Loki, in Norse mythology is the god of mischief and is described as the "contriver of all fraud". The trickster god is Thor's half-brother, and is also known as Loki Laufeyiarson. His is a complex character, a master of guile and deception. He is also conceived of as a fire spirit, with all the potential for good and ill associated with fire. Loki is also an adept shape-shifter, with the ability to change both form (examples include transmogrification to a salmon, horse, bird, flea, etc) and gender.

Loki is by far the most interesting character in the Nordic pantheon, at least as seen from our perspective. He was unusual for a god in once having had a brief liaison with a giantess, by whom he had three children; the sea-serpent, Fenrir the giant wolf preordained to slay Odin at the time of Ragnarok and Hel, the goddess of the realm of the dead.

Loki was the god of evil and trickery, yet not so much a figure of unmitigated badness as a kind of celestial confidence trickster, who always managed to persuade the gods to give him another chance. Some anthropologists have compared him to Coyote, the trickster figure of the Native American mythology.

Loki overplayed his hand in this respect: disguised as a giantess, he arranged the murder of Baldur, although earlier versions of the myth, attributed to Saxo Grammaticus do not implicate Loki. Significantly, also, the poem in the Elder Edda most associated with Loki, the Lokasenna, does not directly implicate Loki in Baldur's death.

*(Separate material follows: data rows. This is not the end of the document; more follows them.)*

ghost use Rattle.block_layout.specs.Sizes.{largest_size};
ghost use Rattle.std.specs.Prelude.{◌≡◌, ◌≤◌, Some};
ghost use Rattle.std.specs.List.{slice_get};
ghost use Rattle.block_layout.specs.Paths.{
  IsSoundAt,
  OffsetIsNear,
  ReachesSound,
  cells_at,
  holds_where_reached,
  is_beyond,
  is_beyond_in,
  is_checkable,
  leaves_array,
  leaves_from,
  leaves_structure,
  leaves_local,
  leaves_sections,
  step_is_beyond,
};

use crate::blocks::BlockLayout;
use crate::cells::Cell;
use crate::path_ends::{ComponentAt, PathEnd, bounds_at, layout_at, outermost, step, walk_from};
use crate::routes::{in_sections, walk_local};
use stl_ast::{Bounds, PathStep};

/// Whether an index is outside these bounds.
pub(crate) fn is_beyond(bounds: &Bounds, at: i32) -> bool
    ensures { result ≡ is_beyond bounds.now at }
{
    at < bounds.low || bounds.high < at
}

fn is_beyond_in(cell: &Cell, depth: usize, at: i32) -> bool
    ensures { result ≡ is_beyond_in depth (Some cell.now) at }
{
    match bounds_at(cell.bounds.as_slice(), depth) {
        None => false,
        Some(bounds) => is_beyond(&bounds, at),
    }
}

fn index_is_beyond(layouts: &[BlockLayout], component: ComponentAt, at: i32) -> bool
    ensures { result ≡ is_beyond_in component.depth
        (slice_get (cells_at layouts.now component.block component.temporary) component.place) at }
{
    let Some(layout) = layout_at(layouts, component.block, component.temporary) else {
        return false;
    };
    match layout.cell_at(component.place) {
        None => false,
        Some(cell) => is_beyond_in(cell, component.depth, at),
    }
}

fn step_is_beyond(layouts: &[BlockLayout], component: ComponentAt, step: &PathStep) -> bool
    ensures { result ≡ step_is_beyond layouts.now component step.now }
{
    match step {
        PathStep::Named { .. } => false,
        PathStep::Index { at } => index_is_beyond(layouts, component, *at),
    }
}

/// Whether an index of a path is outside its array, from a sound component on.
#[tactic(auto, using(crate::proofs::WalkLemmas::step_sound))]
fn leaves(layouts: &[BlockLayout], start: ComponentAt, path: &[PathStep]) -> bool
    requires offset { start.offset ≤ largest_size }
    requires sound { IsSoundAt layouts.now start }
    ensures { result ≡ leaves_array layouts.now start path.now }
{
    let mut component = start;
    for next in path {
        if step_is_beyond(layouts, component, next) {
            return true;
        }
        match step(layouts, component, next) {
            PathEnd::Reaches { component: reached } => component = reached,
            _ => return false,
        }
    }
    false
}

/// Whether a path leaves an array behind a component that was looked up.
fn leaves_behind(layouts: &[BlockLayout], found: PathEnd, path: &[PathStep]) -> bool
    requires near { OffsetIsNear found }
    requires sound { ReachesSound layouts.now found }
    ensures { result
        ≡ holds_where_reached found (λ component. leaves_array layouts.now component path.now) }
{
    match found {
        PathEnd::Reaches { component } => leaves(layouts, component, path),
        _ => false,
    }
}

/// Whether a path in the outermost declarations of a block leaves an array.
#[tactic(auto, using(crate::proofs::WalkLemmas::outermost_reaches))]
pub(crate) fn leaves_from(
    layouts: &[BlockLayout],
    block: usize,
    temporary: bool,
    path: &[PathStep],
) -> bool
    ensures { result ≡ leaves_from layouts.now block temporary path.now }
{
    match path {
        [PathStep::Named { name }, behind @ ..] => {
            let found = outermost(layouts, block, temporary, 0, name.as_bytes());
            leaves_behind(layouts, found, behind)
        }
        _ => false,
    }
}

/// Whether a path can be checked by where it leads: it does not go through what breaks a rule
/// itself.
fn is_checkable(path_end: PathEnd) -> bool
    ensures { result ≡ is_checkable path_end }
{
    !matches!(path_end, PathEnd::Unjudged)
}

/// Whether a path leaves an array of the structure that this block declares, unless it goes
/// through what breaks a rule itself.
pub(crate) fn leaves_structure(
    layouts: &[BlockLayout],
    structure: Option<usize>,
    path: &[PathStep],
) -> bool
    ensures { result ≡ leaves_structure layouts.now structure path.now }
{
    match structure {
        None => false,
        Some(block) => {
            is_checkable(walk_from(layouts, block, false, path))
                && leaves_from(layouts, block, false, path)
        }
    }
}

fn leaves_sections(layouts: &[BlockLayout], block: usize, name: &[u8], path: &[PathStep]) -> bool
    ensures { result ≡ leaves_sections layouts.now block name.now path.now }
{
    let found = in_sections(layouts, block, name);
    leaves_behind(layouts, found, path)
}

/// Whether a path in the body of a block leaves an array of its own variables, where it is checked.
pub(crate) fn leaves_local(
    layouts: &[BlockLayout],
    block: usize,
    name: &[u8],
    path: &[PathStep],
) -> bool
    ensures { result ≡ leaves_local layouts.now block name.now path.now }
{
    is_checkable(walk_local(layouts, block, name, path))
        && leaves_sections(layouts, block, name, path)
}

When the gods discovered that the giantess had been Loki in disguise, they hunted him down and bound him to three rocks. Then they tied a serpent above him, the venom of which dripped onto his face. His wife Sigyn (a goddess, not the giantess who was the mother of Loki's monster brood) gathered the venom in a bowl, but from time to time she had to turn away to empty it, at which point the poison would drip onto Loki, who writhed in pain, thus causing earthquakes. He would free himself, however, in time to attack the gods at Ragnarok.